Larson Richard A
a Department of Medicine, Section of Hematology/Oncology, and Comprehensive Cancer Center , The University of Chicago , Chicago , IL , USA.
Leuk Lymphoma. 2018 Jan;59(1):3-13. doi: 10.1080/10428194.2017.1326597. Epub 2017 May 23.

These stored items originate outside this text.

//! A job with its plan: the form of a job that a run keeps.
ghost use Rattle.std.specs.Prelude.{◌≡◌, ◌<◌, ◌*◌, Some, IsSome, IfOk, slice_get};
ghost use Rattle.limits.specs.declared.TheConstants.{MOST_LEAVES};
ghost use Rattle.sp_order.specs.Jobs.{IsJob, job_tree};
ghost use Rattle.sp_order.specs.Precedence.{leaves};
ghost use Rattle.sp_order.specs.Preorder.{nodes_of};

use crate::job::Job;
use crate::node::{Kind, Move};
use crate::plan::Plan;
use crate::sources::Sources;
use job_names::Name;
use seq_objects::Act;
use std::alloc::{AllocError, Global};
use std::marker::Model;

/// A job that has leaves, with the plan of its shape. Contracts see it as the job itself.
#[derive(Drop)]
pub struct PlannedJob {
    plan: Plan,
    acts: Vec<Act>,
    sources: Sources,
    names: Vec<Name>,
}

impl Model for PlannedJob {
    ghost use Rattle.std.specs.Prelude.{Some};
    ghost use Rattle.sp_order.specs.Code.SourcesView.{job_of};
    ghost use Rattle.sp_order.specs.Jobs.{JobValue, coded_job, IsJob};

    ghost Value = { JobValue };

    ghost coded = { coded_job };

    ghost view = { λ p. job_of (Some p.plan) p.acts.items p.sources p.names.items };

    ghost invariant = { λ p. IsJob (job_of (Some p.plan) p.acts.items p.sources p.names.items) };
}

impl PlannedJob {
    /// Plans the job: makes the plan of its shape and copies its acts, sources and names, in time linear in the leaves.
    pub fn of(alloc: Global, job: &Job) -> Result<PlannedJob, AllocError>
        requires { IsSome job.now.shape }
        ensures { IfOk result (λ planned. planned ≡ job.now) }
    {
        let plan = Plan::of(alloc, job)?;
        let mut acts = Vec::new(alloc);
        acts.extend_from_slice(job.acts())?;
        let sources = job.copied_sources(alloc)?;
        let mut names = Vec::new(alloc);
        names.extend_from_slice(job.names())?;
        Ok(PlannedJob {
            plan,
            acts,
            sources,
            names,
        })
    }

    /// The number of nodes of the plan. They are numbered from 0.
    pub fn nodes(&self) -> u32
        ensures nodes { result ≡ (nodes_of (job_tree self.now)).count }
        ensures most { result < 2 * MOST_LEAVES }
        ensures shape { self.now.shape ≡ Some (job_tree self.now) }
        ensures job { IsJob self.now }
    {
        self.plan.nodes()
    }

    /// The kind of this node.
    pub fn kind(&self, node: u32) -> Kind
        requires { node < (nodes_of (job_tree self.now)).count }
        ensures { Some result ≡ (nodes_of (job_tree self.now)).kind node }
    {
        self.plan.kind(node)
    }

    /// What follows this node once it is done.
    pub fn after(&self, node: u32) -> Move
        requires { node < (nodes_of (job_tree self.now)).count }
        ensures { result ≡ (nodes_of (job_tree self.now)).after node }
    {
        self.plan.after(node)
    }

    /// The node of this leaf.
    pub fn node_of(&self, leaf: u32) -> u32
        requires { leaf < leaves (job_tree self.now) }
        ensures { result ≡ (nodes_of (job_tree self.now)).node_of leaf }
    {
        self.plan.node_of(leaf)
    }

    /// The acts of the leaves, from left to right: at most `MOST_LEAVES`.
    pub fn acts(&self) -> &[Act]
        ensures acts { result.now ≡ self.now.acts }
        ensures job { IsJob self.now }
    {
        self.acts.as_slice()
    }

    /// The act of this leaf.
    pub fn act(&self, leaf: u32) -> Act
        requires { leaf < leaves (job_tree self.now) }
        ensures { slice_get self.now.acts leaf ≡ Some result }
    {
        self.acts[leaf as usize]
    }

    /// The source of this leaf: the leaf whose value it takes, or `None` where it has none.
    pub fn source(&self, leaf: u32) -> Option<u32>
        requires { leaf < leaves (job_tree self.now) }
        ensures { slice_get self.now.sources leaf ≡ Some result }
    {
        self.sources.of(leaf)
    }
}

The central nervous system (CNS) is an important site of involvement by acute lymphoblastic leukemia (ALL) in adults. The prevalence is sufficiently high that prophylactic treatment is routinely given to this sanctuary site in order to eradicate occult disease that might otherwise lead to a relapse. A lumbar puncture should be routinely performed in all newly diagnosed patients with ALL. The risks of CNS leukemia vary by phenotype and genotype. Preventive treatment of the CNS during post-remission therapy has become an integral part of all current ALL treatment protocols. Most treatment regimens combine multiple doses of intrathecal chemotherapy with high-dose systemic methotrexate and/or cytarabine. Cranial irradiation is less commonly used for prophylaxis but is still the most effective treatment for overt CNS leukemia. Recurrences within the CNS usually coincide with or predict soon afterwards for systemic relapse in the marrow and blood.
中枢神经系统(CNS)是成人急性淋巴细胞白血病(ALL)累及的重要部位。其患病率足够高,以至于通常会对这个“庇护所”部位进行预防性治疗,以根除可能导致复发的隐匿性疾病。所有新诊断的ALL患者都应常规进行腰椎穿刺。中枢神经系统白血病的风险因表型和基因型而异。缓解后治疗期间对中枢神经系统的预防性治疗已成为所有当前ALL治疗方案的一个组成部分。大多数治疗方案将多剂量鞘内化疗与大剂量全身甲氨蝶呤和/或阿糖胞苷联合使用。颅脑照射较少用于预防,但仍然是显性中枢神经系统白血病最有效的治疗方法。中枢神经系统内的复发通常与骨髓和血液中的全身复发同时发生或预示不久后会发生全身复发。